May 12, 2004: Probation Protest
1200 staff from throughout England and Wales lobbied against plans to merge the probation and prison services into the new National Offenders Management Service (NOMS). The rally reflected widespread concern amongst probation staff about the transition to NOMS, due to commence on June 1, 2004.
The rally was organised by Napo, the trade union representing over 7500 probation and family court staff. Napo believes that NOMS will mean greater bureaucracy and confusion. According to a Napo statement:
“The Probation Service was last reorganised in April, 2001, is chronically underfunded and understaffed and does not need yet another reorganisation. Staff also feel they are being cajoled into accepting the changes with the threat of contestability or privatisation if they do not meet arbitrarily set targets.”
Napo general secretary Judy McKnight told the rally:
"Today our fight is not just about seeking to preserve our standards and ethos and values, and yes, all those issues are at risk again, but it is also much more. It is about the opposing destruction of the service in its entirety, by splitting it in two, and casting it out to the wolves of the private sector."
Speakers from the three major political parties who opposed the planned merger included Labour MP Bob Marshall-Andrews. He argued that offenders were best dealt with via rehabilitation rather than punishment and prison. If NOMS moved away from this principle, it represented a “ghastly Orwellian idea."
The Home Office plans to introduce “contestability” by 2009 and allow private organisations and voluntary agencies to compete with the public sector, The Home Office perspective suggests that developing a market will enable value for money for the taxpayer and reduced offending, and ensure that the service can benefit from private sector input.

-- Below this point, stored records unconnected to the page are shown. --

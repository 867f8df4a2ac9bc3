// Plays the script of standard input on a sender: an answer for each command.
// The lines and answers beside this file are those of vectors/desk.py and of the original Rust.
#![tactic(auto)]

fn main(rt: HostRuntime) {
    let mut input = rt.stdin();
    let mut out = rt.stdout();
    desk_program::serve(&mut input, &mut out);
}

Napo sees the move to allow this as effectively introducing privatisation, and inherently problematic in that public protection may be compromised by private firms cutting corners. Members of Parliament were urged by Napo to sign an early day motion which endorses the work of the Probation and Prison Services and urges that these be properly funded to allow them to carry out all their statutory duties free of the threat of contestability. According to a Napo press release:
"The Probation Service was last reorganised in April 2001, is chronically underfunded and understaffed and does not need yet another reorganisation."